• What to work on: From the top of the records below, return each line exactly, ending with the line that contains "fn of(number: usize) -> Self;".

------ Information supplied ------

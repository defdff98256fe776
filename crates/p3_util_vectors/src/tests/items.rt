//! Items of several sizes.

use std::alloc::{AllocError, Global};

/// An item that is made of its number.
pub(crate) trait Item: Copy {
    fn of(number: usize) -> Self;

    /// Whether this is the item with that number. In a build with checks, comparing an array part
    /// by part is faster than comparing it as a whole.
    fn is(self, number: usize) -> bool;
}

impl Item for u8 {
    fn of(number: usize) -> u8 {
        (number % 251) as u8
    }

    fn is(self, number: usize) -> bool {
        self == u8::of(number)
    }
}

impl Item for u32 {
    fn of(number: usize) -> u32 {
        (number % 4_294_967_296) as u32
    }

    fn is(self, number: usize) -> bool {
        self == u32::of(number)
    }
}

impl Item for u64 {
    fn of(number: usize) -> u64 {
        number as u64
    }

    fn is(self, number: usize) -> bool {
        self == number as u64
    }
}

impl Item for u128 {
    fn of(number: usize) -> u128 {
        (number as u128).wrapping_mul(0x1_0000_0000_0000_0001)
    }

    fn is(self, number: usize) -> bool {
        self == u128::of(number)
    }
}

impl Item for [u8; 3] {
    fn of(number: usize) -> [u8; 3] {
        [
            (number % 251) as u8,
            (number % 241) as u8,
            (number % 239) as u8,
        ]
    }

    fn is(self, number: usize) -> bool {
        let [a, b, c] = self;
        let [x, y, z] = <[u8; 3]>::of(number);
        a == x && b == y && c == z
    }
}

impl Item for [u8; 8] {
    fn of(number: usize) -> [u8; 8] {
        (number as u64).to_le_bytes()
    }

    fn is(self, number: usize) -> bool {
        u64::from_le_bytes(self) == number as u64
    }
}

impl Item for [u64; 4] {
    fn of(number: usize) -> [u64; 4] {
        let number = number as u64;
        [number, number ^ 1, number ^ 2, number ^ 3]
    }

    fn is(self, number: usize) -> bool {
        let [a, b, c, d] = self;
        let [x, y, z, w] = <[u64; 4]>::of(number);
        a == x && b == y && c == z && d == w
    }
}

/// The items with the numbers of a list.
pub(crate) fn items_of<T: Item>(alloc: Global, numbers: &[u64]) -> Result<Vec<T>, AllocError> {
    let mut list = Vec::with_capacity(alloc, numbers.len())?;
    for number in numbers {
        list.push(T::of(*number as usize))?;
    }
    Ok(list)
}

/// The items with the numbers from 0 to below `count`.
pub(crate) fn numbered<T: Item>(alloc: Global, count: usize) -> Result<Vec<T>, AllocError> {
    let mut list = Vec::with_capacity(alloc, count)?;
    for number in 0..count {
        list.push(T::of(number))?;
    }
    Ok(list)
}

------

• Result of this task:
repository defdff98256fe776
filename crates/p3_util_vectors/src/tests/items.rt
//! Items of several sizes.

use std::alloc::{AllocError, Global};

/// An item that is made of its number.
pub(crate) trait Item: Copy {
    fn of(number: usize) -> Self;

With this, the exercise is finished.